Experiment 030
Research capstone (RaBitQ block, 026–030)
Perf record: 030-research-capstone.json.
Cohere v3, 1M × 1024, cosine, Granite box.
Head-to-head (same run, reps=8)
| config | recall@10 | QPS | p50 |
|---|---|---|---|
| 009 baseline — plain binary, tile=1, C=1000 | 0.9931 | 516 | 11.51 ms |
| research best — rot×2, tile=16, C=1000 | 0.9960 | 845 | 11.40 ms |
| research best-recall — rot×2, tile=16, C=2000 | 0.9990 | 730 | 13.14 ms |
The research adds +0.29 pts recall and +64% QPS over the baseline (and the +64% is on top of identical recall being available), or 0.999 @ 730.
What the research found
Searched the literature for something that beats plain sign-bit binary. The winner was RaBitQ (Gao & Long, SIGMOD 2024) — and its key, free idea (shared with ITQ, 2011): a random orthogonal rotation before binarizing.

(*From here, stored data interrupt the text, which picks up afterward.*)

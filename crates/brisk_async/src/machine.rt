//! The machine: the state of an instance, which events change.
ghost use Rattle.std.specs.Prelude.{◌≡◌, ℕ, Option as Opt, IfOk, IfErr, IfSome, is_none, is_some, OnOk, OnErr, IsSome, IsTrue, Some, None, ◌⊎◌, ◌↔◌, option_and_then};
ghost use Rattle.std.specs.Option.{option_copied};
ghost use Rattle.std.specs.FinMap as map;
ghost use Rattle.brisk_values.specs.declared.value.Value.{Value as Val};
ghost use Rattle.brisk_values.specs.Names.{Name as Bytes};
ghost use Rattle.brisk_syntax.specs.Declarations.{is_loose as is_loose_in};
ghost use Rattle.brisk_syntax.specs.Segments.{head_of};
ghost use Rattle.brisk_syntax.specs.Statements.{statement_of};
ghost use Rattle.brisk_syntax.specs.Syntax.{Code as Tree, ◌⨾◌};
ghost use Rattle.brisk_async.specs.Acts.{effect_if, effect_of};
ghost use Rattle.brisk_async.specs.Effects.{looks, next_of};
ghost use Rattle.brisk_async.specs.InOrder.{AreQueues};
ghost use Rattle.brisk_instance.specs.Starting.{IsCause, IsReady};
ghost use Rattle.brisk_instance.specs.Given.{FitsAsGiven, instance_of};
ghost use Rattle.brisk_async.specs.Keys.{code_in_map, mail_in, queue_of};
ghost use Rattle.brisk_async.specs.Machine.{IsDeadlocked, IsHalted, IsTerminal, after, effect, effect_in, payload_at, receives, seen_by, start, step};
ghost use Rattle.brisk_async.specs.Refusals.{queue_refusal, refusal, refusal_at};
ghost use Rattle.brisk_async.specs.States.{is_process, state_of};
ghost use Rattle.brisk_syntax.specs.Value.{size_in};
ghost use Rattle.brisk_syntax.specs.WellTyped.{IsProgramWellTyped};

use crate::changes::make_change;
use crate::codes::{Codes, Next};
use crate::effect::{Act, Change, is_member, partner, plain, replaced};
use crate::event::Event;
use crate::fault::StepFault;
use crate::mail::{Key, Mail};
use crate::queue::{Queue, told};
use crate::sizes::copy_sizes;
use crate::start::start_codes;
use brisk_instance::{StartFault, judge, start_store};
use brisk_syntax::{Code, Names, Program, Stmt, Who, copy_names, copy_program, subst};
use brisk_values::{Instance, NoMemory, Pid, Sizes, Store, Values};
use std::alloc::Global;
use std::marker::Model;
use std::rc::Rc;

/// The state of an instance of a program.
#[derive(Drop)]
pub struct Machine {
    alloc: Global,
    program: Program,
    sizes: Sizes,
    codes: Codes,
    store: Store,
    mail: Mail,
}

impl Model for Machine {
    ghost use Rattle.brisk_async.specs.States.{Kept, coded_kept, HasProcesses};

    ghost Value = { Kept };

    ghost coded = { coded_kept };

    ghost view = { λ m. record { program = m.program; sizes = m.sizes; codes = m.codes; store = m.store; mail = m.mail } };

    ghost invariant = { λ m. HasProcesses m.program m.sizes m.codes };
}

impl Machine {
    /// The start of the instance, where it fits and isn't too heavy.
    pub fn start(
        alloc: Global,
        program: &Program,
        instance: &Instance,
    ) -> Result<Machine, StartFault>
        requires { IsProgramWellTyped program.now }
        ensures fits { IfOk result (λ _. IsReady program.now.enums program.now.roles instance.now) }
        ensures start { IfOk result (λ m. state_of m ≡ start program.now (instance_of instance.now)) }
        ensures err { IfErr result (IsCause program.now.enums program.now.roles instance.now) }
    {
        judge(alloc, &program.enums, &program.roles, instance)?;
        Ok(Machine::begin(alloc, program, instance)?)
    }

    /// The start of the instance, whatever its weight.
    pub fn begin(alloc: Global, program: &Program, instance: &Instance) -> Result<Machine, NoMemory>
        requires typed { IsProgramWellTyped program.now }
        requires fits { FitsAsGiven program.now.enums program.now.roles instance.now }
        ensures { IfOk result (λ m. state_of m ≡ start program.now (instance_of instance.now)) }
    {
        let codes = start_codes(alloc, &program.roles, &instance.sizes)?;
        let store = start_store(alloc, &program.roles, instance)?;
        Ok(Machine {
            alloc,
            program: copy_program(alloc, program)?,
            sizes: copy_sizes(alloc, &instance.sizes)?,
            codes,
            store,
            mail: Mail::new(alloc),
        })
    }

    /// The store.
    pub fn store(&self) -> &Store
        ensures { result.now ≡ self.now.store }
    {
        &self.store
    }

    /// The sizes of the sets.
    pub fn sizes(&self) -> &Sizes
        ensures { result.now ≡ self.now.sizes }
    {
        &self.sizes
    }

    /// What a process has left to do, if it is in the instance.
    pub fn code(&self, process: Pid) -> Option<&Code>
        ensures kept { option_copied result ≡ map.get self.now.codes process }
        ensures code { IfSome result (λ c. c.now ≡ code_in_map self.now.codes process) }
        ensures inside { is_some result ≡ is_process self.now.program (size_in self.now.sizes) process }
    {
        self.codes.get(&process)
    }

    /// Whether every process has nothing left to do.
    pub fn is_halted(&self) -> bool
        ensures { IsTrue result ↔ IsHalted (state_of self.now) }
    {
        self.codes.are_done()
    }

    /// Whether no event has a next state, and some process has something left to do.
    pub fn is_deadlocked(&self) -> bool
        ensures { IsTrue result ↔ IsDeadlocked (state_of self.now) }
    {
        self.is_terminal() && !self.is_halted()
    }

    /// The queues that aren't empty, ordered by sender, receiver and channel, each in order of declaration and number.
    pub fn queues(&self) -> Result<Vec<Queue>, NoMemory>
        ensures { IfOk result (λ qs. AreQueues self.now.program (state_of self.now).mail qs.items) }
    {
        let numbers = self.mail.numbers(&self.program)?;
        told(self.alloc, &numbers)
    }

    // Whether no event has a next state.
    fn is_terminal(&self) -> bool
        ensures { IsTrue result ↔ IsTerminal (state_of self.now) }
    {
        self.codes.are_blocked(&self.sizes, &self.mail)
    }

    // What a receive from the queue does, if it can.
    fn receive(
        &self,
        key: &Key,
        vars: &Names,
        next: Next,
        place: Option<u32>,
    ) -> Result<Option<Act>, NoMemory>
        ensures { IfOk result (λ a. (c : Tree) (sizes : Bytes → ℕ) (own : Bytes → Opt Val) → effect_if c a ≡ receives (looks sizes (is_loose_in self.now.program.channels) own (λ q. payload_at (mail_in self.now.mail q))) (queue_of key.now) vars.now (next_of next c) place) }
    {
        let loose = self.program.channels.is_loose(&key.channel);
        let place = match place {
            None => {
                if loose {
                    return Ok(None);
                }
                0
            }
            Some(k) => {
                if !loose {
                    return Ok(None);
                }
                k
            }
        };
        match self.mail.payload(key, place) {
            None => Ok(None),
            Some(payload) => {
                let payload = Values {
                    items: Vec::from_slice(self.alloc, &payload.items)?,
                };
                let vars = copy_names(self.alloc, vars)?;
                Ok(Some(Act {
                    next,
                    change: Change::Takes(*key, place, vars, payload),
                }))
            }
        }
    }

    // What the event does, from the code of its process.
    fn act(&self, code: &Code, event: &Event) -> Result<Option<Act>, NoMemory>
        ensures { IfOk result (λ a. effect_if code.now a ≡ effect (seen_by (state_of self.now) event.now.process) event.now.process code.now event.now.sender event.now.place) }
    {
        let Some(head) = code.first() else {
            return Ok(None);
        };
        match head {
            Stmt::Recv(channel, vars, from) => {
                if event.sender.is_some() {
                    return Ok(None);
                }
                let key = Key {
                    from: partner(from),
                    to: event.process,
                    channel: *channel,
                };
                self.receive(&key, vars, Next::Rest, event.place)
            }
            Stmt::RecvAny(any) => {
                let Some(sender) = event.sender else {
                    return Ok(None);
                };
                let sender = &sender;
                if !is_member(&self.sizes, &any.set, sender) {
                    return Ok(None);
                }
                let body = subst(self.alloc, &any.body, any.binder, Who::Pid(*sender))?;
                let next = replaced(self.alloc, code, &Rc::new(self.alloc, body)?)?;
                let key = Key {
                    from: *sender,
                    to: event.process,
                    channel: any.channel,
                };
                self.receive(&key, &any.vars, next, event.place)
            }
            _ => {
                if event.sender.is_some() || event.place.is_some() {
                    return Ok(None);
                }
                plain(
                    self.alloc,
                    code,
                    head,
                    &event.process,
                    &self.store,
                    &self.sizes,
                )
            }
        }
    }

    // Whether a receive from the queue can take at the place, and if not, why.
    fn at_queue(&self, key: &Key, place: Option<u32>) -> Option<StepFault>
        ensures { result ≡ queue_refusal (is_loose_in self.now.program.channels key.now.channel) (payload_at (mail_in self.now.mail (queue_of key.now))) place }
    {
        let loose = self.program.channels.is_loose(&key.channel);
        match place {
            None => {
                if loose {
                    Some(StepFault::NeedsPlace)
                } else if self.mail.payload(key, 0).is_none() {
                    Some(StepFault::Blocked)
                } else {
                    None
                }
            }
            Some(k) => {
                if !loose {
                    Some(StepFault::TakesNoPlace)
                } else if self.mail.payload(key, 0).is_none() {
                    Some(StepFault::Blocked)
                } else if self.mail.payload(key, k).is_none() {
                    Some(StepFault::NoSuchPlace)
                } else {
                    None
                }
            }
        }
    }

    // Why a process with this head doesn't take the event, if it doesn't.
    fn at_head(&self, head: &Stmt, event: &Event) -> Option<StepFault>
        ensures { (rest : Tree) → result ≡ refusal_at (seen_by (state_of self.now) event.now.process) event.now.process (statement_of head.now ⨾ rest) event.now.sender event.now.place }
    {
        match head {
            Stmt::Recv(channel, _, from) => {
                if event.sender.is_some() {
                    return Some(StepFault::TakesNoSender);
                }
                let key = Key {
                    from: partner(from),
                    to: event.process,
                    channel: *channel,
                };
                self.at_queue(&key, event.place)
            }
            Stmt::RecvAny(any) => {
                let Some(sender) = event.sender else {
                    return Some(StepFault::NeedsSender);
                };
                let sender = &sender;
                if !is_member(&self.sizes, &any.set, sender) {
                    return Some(StepFault::NoSuchSender);
                }
                let key = Key {
                    from: *sender,
                    to: event.process,
                    channel: any.channel,
                };
                self.at_queue(&key, event.place)
            }
            _ => {
                if event.sender.is_some() {
                    Some(StepFault::TakesNoSender)
                } else if event.place.is_some() {
                    Some(StepFault::TakesNoPlace)
                } else {
                    None
                }
            }
        }
    }

    // The first test of the event that fails, if one does.
    fn first_failure(&self, event: &Event) -> Option<StepFault>
        ensures { result ≡ refusal (state_of self.now) event.now }
    {
        let Some(code) = self.codes.get(&event.process) else {
            return Some(StepFault::NoProcess);
        };
        let Some(head) = code.first() else {
            return Some(StepFault::Finished);
        };
        self.at_head(head, event)
    }

    // Why the event has no next state, if it has none.
    fn refusal(&self, event: &Event) -> Option<StepFault>
        ensures first { result ≡ refusal (state_of self.now) event.now }
        ensures none { IfSome result (λ _. step (state_of self.now) event.now ≡ None) }
        ensures some { IsTrue (is_none result) ↔ IsSome (step (state_of self.now) event.now) }
    {
        let _invariant = &self.alloc;
        self.first_failure(event)
    }

    // Does what an act does.
    fn apply(&mut self, process: &Pid, act: Act) -> Result<(), NoMemory>
        requires { IsSome (option_and_then head_of (map.get self.old.codes process.now)) }
        ensures ok { OnOk result (state_of self.new ≡ after (state_of self.old) process.now (effect_of (code_in_map self.old.codes process.now) act)) }
        ensures err { OnErr result (self.new ≡ self.old) }
    {
        make_change(&mut self.store, &mut self.mail, process, act.change)?;
        self.codes.put(process, act.next);
        Ok(())
    }

    // What the event does, if it has a next state.
    fn next_act(&self, event: &Event) -> Result<Option<Act>, NoMemory>
        ensures { IfOk result (λ a. effect_if (code_in_map self.now.codes event.now.process) a ≡ effect_in (state_of self.now) event.now) }
    {
        match self.codes.get(&event.process) {
            None => Ok(None),
            Some(code) => self.act(code, event),
        }
    }

    /// Whether the event has a next state.
    pub fn enabled(&self, event: &Event) -> bool
        ensures { IsTrue result ↔ IsSome (step (state_of self.now) event.now) }
    {
        self.refusal(event).is_none()
    }

    /// Takes the event.
    pub fn step(&mut self, event: &Event) -> Result<(), StepFault>
        ensures ok { OnOk result (step (state_of self.old) event.now ≡ Some (state_of self.new)) }
        ensures err { OnErr result (self.new ≡ self.old) }
        ensures cause { IfErr result (λ f. ((refusal (state_of self.old) event.now ≡ Some f) × (step (state_of self.old) event.now ≡ None)) ⊎ ((f ≡ StepFault.NoMemory) × (refusal (state_of self.old) event.now ≡ None))) }
    {
        if let Some(fault) = self.refusal(event) {
            return Err(fault);
        }
        if let Some(act) = self.next_act(event)? {
            self.apply(&event.process, act)?;
        }
        Ok(())
    }
}
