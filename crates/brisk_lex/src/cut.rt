//! What stands at the front of a text.
ghost use Rattle.std.specs.Prelude.{true, ◌<◌, ◌≡◌, ◌∷◌, ◌++◌, ◌-◌, ◌^◌, min, length, drop};
ghost use Rattle.std.specs.Str.{chars};
ghost use Rattle.std.specs.Char.{is_ascii_digit, encode_utf8};
ghost use Rattle.std.specs.List.{prefix_len};
ghost use Rattle.brisk_lex.specs.Tokens as spec;
ghost use Rattle.brisk_lex.specs.Tokens.{number};
ghost use Rattle.brisk_lex.specs.Seen.{Cuts};

use crate::fault::Wrong;
use crate::marks::{double_mark, single_mark};
use crate::scan::{past_line, past_name, take_char};
use crate::token::Token;
use crate::words::word_of;
use brisk_values::Name;
use unicode_ident::is_xid_start;

const GREATEST_NUMBER: u64 = 9_223_372_036_854_775_808;

/// What is cut off, and the text after it.
#[derive(Clone, Copy)]
pub enum Cut<'a> {
    /// A space or a comment.
    Blank(&'a str),
    Takes(Token, &'a str),
    Fails(Wrong),
}

fn is_space(c: char) -> bool
    ensures { result ≡ spec.is_space c }
{
    c == ' ' || c == '\t' || c == '\n' || c == '\r'
}

pub fn starts_name(c: char) -> bool
    ensures { result ≡ spec.starts_name c }
{
    is_xid_start(c) || c == '_'
}

/// The first character, and `'\0'` where there is none.
fn first(text: &str) -> char
    ensures { result ≡ spec.first (chars text.now) }
{
    match take_char(text) {
        Some((c, _)) => c,
        None => '\0',
    }
}

/// The text after its first character, if there is one.
fn after_one(text: &str) -> &str
    ensures { chars result.now ≡ drop 1 (chars text.now) }
{
    match take_char(text) {
        Some((_, after)) => after,
        None => text,
    }
}

#[tactic(auto, unfolding(crate::specs::Tokens::mark_cut))]
fn mark_cut(c: char, after: &str) -> Cut<'_>
    ensures { Cuts (spec.mark_cut c (chars after.now)) (chars after.now) result }
{
    if let Some(mark) = double_mark(c, first(after)) {
        Cut::Takes(Token::Mark(mark), after_one(after))
    } else if let Some(mark) = single_mark(c) {
        Cut::Takes(Token::Mark(mark), after)
    } else {
        Cut::Fails(Wrong::BadChar)
    }
}

/// The token of a name's text.
#[tactic(auto, unfolding(crate::specs::Tokens::name_token))]
fn name_token(bytes: &[u8]) -> Result<Token, Wrong>
    requires { 0 < length bytes.now }
    ensures { result ≡ spec.name_token bytes.now }
{
    if let Some(word) = word_of(bytes) {
        return Ok(Token::Word(word));
    }
    match Name::new(bytes) {
        Some(name) => Ok(Token::Name(name)),
        None => Err(Wrong::NameTooLong),
    }
}

#[tactic(auto, unfolding(crate::specs::Tokens::name_cut))]
fn name_cut<'a>(c: char, start: &'a str, after: &'a str) -> Cut<'a>
    requires whole { chars start.now ≡ c ∷ chars after.now }
    requires bytes { start.now ≡ encode_utf8 c ++ after.now }
    ensures { Cuts (spec.name_cut c (chars after.now)) (chars after.now) result }
{
    let end = past_name(after);
    let bytes = &start.as_bytes()[..start.len() - end.len()];
    match name_token(bytes) {
        Ok(token) => Cut::Takes(token, end),
        Err(wrong) => Cut::Fails(wrong),
    }
}

/// The number of the digits at the front, at most `u64::MAX`, and the text after them.
#[tactic(auto, using(crate::proofs::Chars::number_step))]
fn digits(first: u64, text: &str) -> (u64, &str)
    requires { first < 10 }
    ensures value { result.0 ≡ min (number first (chars text.now)) (2 ^ 64 - 1) }
    ensures rest { chars result.1.now ≡ drop (prefix_len is_ascii_digit (chars text.now)) (chars text.now) }
{
    let mut value = first;
    let mut rest = text;
    while let Some((c, after)) = take_char(rest) {
        if !c.is_ascii_digit() {
            return (value, rest);
        }
        value = value.saturating_mul(10).saturating_add(c as u64 - 48);
        rest = after;
    }
    (value, rest)
}

#[tactic(auto, unfolding(crate::specs::Tokens::number_cut))]
fn number_cut(c: char, after: &str) -> Cut<'_>
    requires { is_ascii_digit c ≡ true }
    ensures { Cuts (spec.number_cut c (chars after.now)) (chars after.now) result }
{
    let (value, rest) = digits(c as u64 - 48, after);
    if value > GREATEST_NUMBER {
        Cut::Fails(Wrong::NumberTooLarge)
    } else {
        Cut::Takes(Token::Num(value), rest)
    }
}

/// What is cut off where `start` is `c` and then `after`.
#[tactic(auto, unfolding(crate::specs::Tokens::cut))]
pub fn cut_at<'a>(c: char, start: &'a str, after: &'a str) -> Cut<'a>
    requires whole { chars start.now ≡ c ∷ chars after.now }
    requires bytes { start.now ≡ encode_utf8 c ++ after.now }
    ensures { Cuts (spec.cut c (chars after.now)) (chars after.now) result }
{
    if is_space(c) {
        Cut::Blank(after)
    } else if c == '/' && first(after) == '/' {
        Cut::Blank(past_line(after))
    } else if c.is_ascii_digit() {
        number_cut(c, after)
    } else if starts_name(c) {
        name_cut(c, start, after)
    } else {
        mark_cut(c, after)
    }
}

| entry | idea | outcome |
|---|---|---|
| 026 | random rotation (FWHT) before sign bits | free recall +2.4 pts stage-1, 0.994→0.997 @ C=1000, 0 QPS cost |
| 027 | rotation + prefix truncation | rotation rescues the prefix: +4.6 pts @ 512/C=1000 |
| 028 | RaBitQ unbiased estimator | best recall-per-bit (stage-1 0.606 vs 0.463, ~5–10× smaller C) but 40× slower scan |
| 029 | rotated combined Pareto | frontier shifts out at every tier vs non-rotated 018 |
| 030 | capstone | 0.996 @ 845 / 0.999 @ 730 vs 009's 0.993 @ 516 |
The two takeaways
- The rotation is the deployable win — and it's free. Spreading information evenly across dimensions makes every sign bit count, lifting recall at zero QPS or memory cost, and it rescues prefix truncation (027), which reshapes the whole batch frontier (029). Random rotation buys most of the Matryoshka benefit without a Matryoshka-trained model — the standout practical result of the block.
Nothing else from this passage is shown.